*** DATA UNDER STUDY Section Begins ***

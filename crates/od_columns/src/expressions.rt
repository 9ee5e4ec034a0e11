//! The regular expressions of what is asked.
ghost use Rattle.std.specs.Prelude.{◌≡◌, ◌+◌, ◌<◌, ◌++◌, ◌∷◌, [], List, map, IfOk, OnOk};
ghost use Rattle.od_asked.specs.Asked.{asked_rule};
ghost use Rattle.od_asked.specs.Expressions.{expression_of, expressions_at, expressions_in, expressions_of};
ghost use Rattle.od_columns.specs.Lent.{all_lent, lent};
ghost use Rattle.od_columns.specs.Waiting.{constraints, expressions_waiting, texts, work};
ghost use Rattle.od_pattern.specs.Walk.{parts_in};

use crate::asks::{Asking, asked_of};
use od_pattern::pattern::{Constraint, Value};
use od_pattern::rule::Rule;
use od_text::text::{NoMemory, Text};
use std::alloc::Global;

/// One constraint more waits.
fn wait<'a>(todo: &mut Vec<&'a Constraint>, next: &'a Constraint) -> Result<(), NoMemory>
    ensures { OnOk result
        (constraints todo.new.items ≡ constraints todo.old.items ++ next.now ∷ []) }
{
    todo.push(next)?;
    Ok(())
}

/// One expression more.
fn note<'a>(found: &mut Vec<&'a Text>, expression: &'a Text) -> Result<(), NoMemory>
    ensures { OnOk result (texts found.new.items ≡ texts found.old.items ++ expression.now ∷ []) }
{
    found.push(expression)?;
    Ok(())
}

/// The expression of a value, where it is one.
fn push_value<'a>(value: &'a Value, found: &mut Vec<&'a Text>) -> Result<(), NoMemory>
    ensures { OnOk result
        (texts found.new.items ≡ texts found.old.items ++ expression_of value.now) }
{
    match value {
        Value::Plain(_) => Ok(()),
        Value::Regex(expression) => note(found, expression),
    }
}

/// Takes up a constraint. Its operands wait from then on, the left one as the next.

fn step<'a>(
    next: &'a Constraint,
    todo: &mut Vec<&'a Constraint>,
    found: &mut Vec<&'a Text>,
) -> Result<(), NoMemory>
    ensures found { OnOk result (texts found.new.items ++ expressions_waiting (constraints todo.new.items)
        ≡ texts found.old.items
        ++ (expressions_in next.now ++ expressions_waiting (constraints todo.old.items))) }
    ensures less { OnOk result (work (constraints todo.new.items)
        < work (constraints todo.old.items) + parts_in next.now) }
{
    match next {
        Constraint::Any => Ok(()),
        Constraint::Is(_, value) => {
            push_value(value, found)?;
            Ok(())
        }
        Constraint::Not(inner) => {
            wait(todo, inner.get())?;
            Ok(())
        }
        Constraint::And(left, right) => {
            wait(todo, right.get())?;
            wait(todo, left.get())?;
            Ok(())
        }
        Constraint::Or(left, right) => {
            wait(todo, right.get())?;
            wait(todo, left.get())?;
            Ok(())
        }
    }
}

/// The expressions of a constraint. Constraints that wait stand in a list, since one may be
/// thousands deep.
fn push_constraint<'a>(
    alloc: Global,
    constraint: &'a Constraint,
    found: &mut Vec<&'a Text>,
) -> Result<(), NoMemory>
    ensures { OnOk result
        (texts found.new.items ≡ texts found.old.items ++ expressions_in constraint.now) }
{
    let mut todo = Vec::new(alloc);
    wait(&mut todo, constraint)?;
    while let Some(next) = todo.pop() {
        step(next, &mut todo, found)?;
    }
    Ok(())
}

/// The expressions of one thing.
fn push_asking<'a>(
    alloc: Global,
    asking: Asking<'a>,
    found: &mut Vec<&'a Text>,
) -> Result<(), NoMemory>
    ensures { OnOk result
        (texts found.new.items ≡ texts found.old.items ++ expressions_at (lent asking.entry)) }
{
    match asking {
        Asking::AtTokens(constraint) => {
            push_constraint(alloc, constraint, found)?;
            Ok(())
        }
        Asking::AtEdges(value) => {
            push_value(value, found)?;
            Ok(())
        }
    }
}

/// The expressions of all things, one after another.
fn push_all<'a>(
    alloc: Global,
    asked: &[Asking<'a>],
    found: &mut Vec<&'a Text>,
) -> Result<(), NoMemory>
    ensures { OnOk result
        (texts found.new.items ≡ texts found.old.items ++ expressions_of (all_lent asked.now)) }
{
    for asking in asked {
        push_asking(alloc, *asking, found)?;
    }
    Ok(())
}

/// The regular expressions of what a rule asks, in the order of its text, each as often as it
/// stands there. It copies none of them.
///
/// # Errors
///
/// `NoMemory` where memory is refused.
pub fn expressions_asked<'a>(alloc: Global, rule: &'a Rule) -> Result<Vec<&'a Text>, NoMemory>
    ensures { IfOk result (λ found. texts found.items ≡ expressions_of (asked_rule rule.now)) }
{
    let asked = asked_of(alloc, rule)?;
    let mut found = Vec::new(alloc);
    push_all(alloc, &asked, &mut found)?;
    Ok(found)
}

*** DATA UNDER STUDY Section Ends ***

→ WHAT THE TASK REQUIRES: Every line of the material above must be set down again exactly.

→ EXERCISE ANSWER:
filename crates/od_columns/src/expressions.rt
repository 9ee5e4ec034a0e11
//! The regular expressions of what is asked.
ghost use Rattle.std.specs.Prelude.{◌≡◌, ◌+◌, ◌<◌, ◌++◌, ◌∷◌, [], List, map, IfOk, OnOk};
ghost use Rattle.od_asked.specs.Asked.{asked_rule};
ghost use Rattle.od_asked.specs.Expressions.{expression_of, expressions_at, expressions_in, expressions_of};
ghost use Rattle.od_columns.specs.Lent.{all_lent, lent};
ghost use Rattle.od_columns.specs.Waiting.{constraints, expressions_waiting, texts, work};
ghost use Rattle.od_pattern.specs.Walk.{parts_in};

use crate::asks::{Asking, asked_of};
use od_pattern::pattern::{Constraint, Value};
use od_pattern::rule::Rule;
use od_text::text::{NoMemory, Text};
use std::alloc::Global;

/// One constraint more waits.
fn wait<'a>(todo: &mut Vec<&'a Constraint>, next: &'a Constraint) -> Result<(), NoMemory>
    ensures { OnOk result
        (constraints todo.new.items ≡ constraints todo.old.items ++ next.now ∷ []) }
{
    todo.push(next)?;
    Ok(())
}

/// One expression more.
fn note<'a>(found: &mut Vec<&'a Text>, expression: &'a Text) -> Result<(), NoMemory>
    ensures { OnOk result (texts found.new.items ≡ texts found.old.items ++ expression.now ∷ []) }
{
    found.push(expression)?;
    Ok(())
}

/// The expression of a value, where it is one.
fn push_value<'a>(value: &'a Value, found: &mut Vec<&'a Text>) -> Result<(), NoMemory>
    ensures { OnOk result
        (texts found.new.items ≡ texts found.old.items ++ expression_of value.now) }
{
    match value {
        Value::Plain(_) => Ok(()),
        Value::Regex(expression) => note(found, expression),
    }
}

/// Takes up a constraint. Its operands wait from then on, the left one as the next.

fn step<'a>(
    next: &'a Constraint,
    todo: &mut Vec<&'a Constraint>,
    found: &mut Vec<&'a Text>,
) -> Result<(), NoMemory>
    ensures found { OnOk result (texts found.new.items ++ expressions_waiting (constraints todo.new.items)
        ≡ texts found.old.items
        ++ (expressions_in next.now ++ expressions_waiting (constraints todo.old.items))) }
    ensures less { OnOk result (work (constraints todo.new.items)
        < work (constraints todo.old.items) + parts_in next.now) }
{
    match next {
        Constraint::Any => Ok(()),
        Constraint::Is(_, value) => {
            push_value(value, found)?;
            Ok(())
        }
        Constraint::Not(inner) => {
            wait(todo, inner.get())?;
            Ok(())
        }
        Constraint::And(left, right) => {
            wait(todo, right.get())?;
            wait(todo, left.get())?;
            Ok(())
        }
        Constraint::Or(left, right) => {
            wait(todo, right.get())?;
            wait(todo, left.get())?;
            Ok(())
        }
    }
}

/// The expressions of a constraint. Constraints that wait stand in a list, since one may be
/// thousands deep.
fn push_constraint<'a>(
    alloc: Global,
    constraint: &'a Constraint,
    found: &mut Vec<&'a Text>,
) -> Result<(), NoMemory>
    ensures { OnOk result
        (texts found.new.items ≡ texts found.old.items ++ expressions_in constraint.now) }
{
    let mut todo = Vec::new(alloc);
    wait(&mut todo, constraint)?;
    while let Some(next) = todo.pop() {
        step(next, &mut todo, found)?;
    }
    Ok(())
}

/// The expressions of one thing.
fn push_asking<'a>(
    alloc: Global,
    asking: Asking<'a>,
    found: &mut Vec<&'a Text>,
) -> Result<(), NoMemory>
    ensures { OnOk result
        (texts found.new.items ≡ texts found.old.items ++ expressions_at (lent asking.entry)) }
{
    match asking {
        Asking::AtTokens(constraint) => {
            push_constraint(alloc, constraint, found)?;
            Ok(())
        }
        Asking::AtEdges(value) => {
            push_value(value, found)?;
            Ok(())
        }
    }
}

/// The expressions of all things, one after another.
fn push_all<'a>(
    alloc: Global,
    asked: &[Asking<'a>],
    found: &mut Vec<&'a Text>,
) -> Result<(), NoMemory>
    ensures { OnOk result
        (texts found.new.items ≡ texts found.old.items ++ expressions_of (all_lent asked.now)) }
{
    for asking in asked {
        push_asking(alloc, *asking, found)?;
    }
    Ok(())
}

/// The regular expressions of what a rule asks, in the order of its text, each as often as it
/// stands there. It copies none of them.
///
/// # Errors
///
/// `NoMemory` where memory is refused.
pub fn expressions_asked<'a>(alloc: Global, rule: &'a Rule) -> Result<Vec<&'a Text>, NoMemory>
    ensures { IfOk result (λ found. texts found.items ≡ expressions_of (asked_rule rule.now)) }
{
    let asked = asked_of(alloc, rule)?;
    let mut found = Vec::new(alloc);
    push_all(alloc, &asked, &mut found)?;
    Ok(found)
}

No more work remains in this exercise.